Es ist ein wesentlicher Bestandteil von Xi Jinpings Strategie, die westlichen Alliierten zu spalten und zu unterschiedlichen Positionen zu bewegen. Unter Präsidentin Harris würde das atlantische Bündnis gestärkt und eine erfolgreiche Spaltung schwierig sein. Europäische Sanktionen, zusätzlich zu US-amerikanischen, die nach einer Invasion sicher kommen würden, könnte Chinas Wirtschaft nicht verkraften.

All das spricht dafür, dass ein mögliches Datum eines chinesischen Angriffskriegs auf das demokratische Taiwan nicht so sehr von internen, sondern externen Faktoren abhängt. Auf einen Krieg gegen die USA und ihre europäischen NATO-Verbündeten will sich Peking nicht einlassen. Sollte Trump gewählt werden, könnte Xi zwar die Spaltung der westlichen Allianz gelingen. Allerdings liegt es im Bereich des Möglichen, dass sich unter Präsident Trump das Verhältnis Washingtons zur Volksrepublik noch weiter verschlechtern könnte. China stünde mit Kamala Harris als US-Präsidentin deutlich besser da als unter Donald Trump.

Alexander Görlach ist Senior Fellow am Carnegie Council for Ethics in International Affairs und Adjunct Professor an der Gallatin School der New York University, wo er Demokratietheorie unterrichtet.
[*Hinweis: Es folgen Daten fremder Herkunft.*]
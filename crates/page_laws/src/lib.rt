// Laws about page areas alone.
#![tactic(auto)]
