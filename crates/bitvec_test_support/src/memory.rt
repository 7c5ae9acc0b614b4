//! Three bytes as a plain list of bits.

/// Three bytes, and the same with each bit flipped: a bit that is made 0 or 1 by mistake shows in one of
/// the two.
pub const MEMORIES: [[u8; 3]; 2] = [[0xA6, 0x3C, 0x59], [0x59, 0xC3, 0xA6]];

/// The bits, the lowest of each byte first.
pub fn bits_of(bytes: [u8; 3]) -> [bool; 24] {
    let mut bits = [false; 24];
    for (byte, places) in bytes.into_iter().zip(bits.chunks_mut(8)) {
        let mut number = byte;
        for bit in places {
            *bit = number % 2 == 1;
            number /= 2;
        }
    }
    bits
}

/// Flips the bits from one place up to another.
fn flip(bits: &mut [bool; 24], from: usize, to: usize) {
    if let Some(part) = bits.get_mut(from..to) {
        for bit in part {
            *bit = !*bit;
        }
    }
}

/// The bits, those from one place up to another flipped.
pub fn flipped(bytes: [u8; 3], from: usize, to: usize) -> [bool; 24] {
    let mut bits = bits_of(bytes);
    flip(&mut bits, from, to);
    bits
}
Nach Aufenthalten in Taiwan und Hongkong wurde diese Weltregion, besonders der Aufstieg Chinas und was er für die Demokratien in Asien bedeutet, zu seinem Kernthema. Er hatte verschiedene Positionen an der Harvard Universität und den Universitäten von Cambridge und Oxford inne. Alexander Görlach lebt in New York und in Berlin.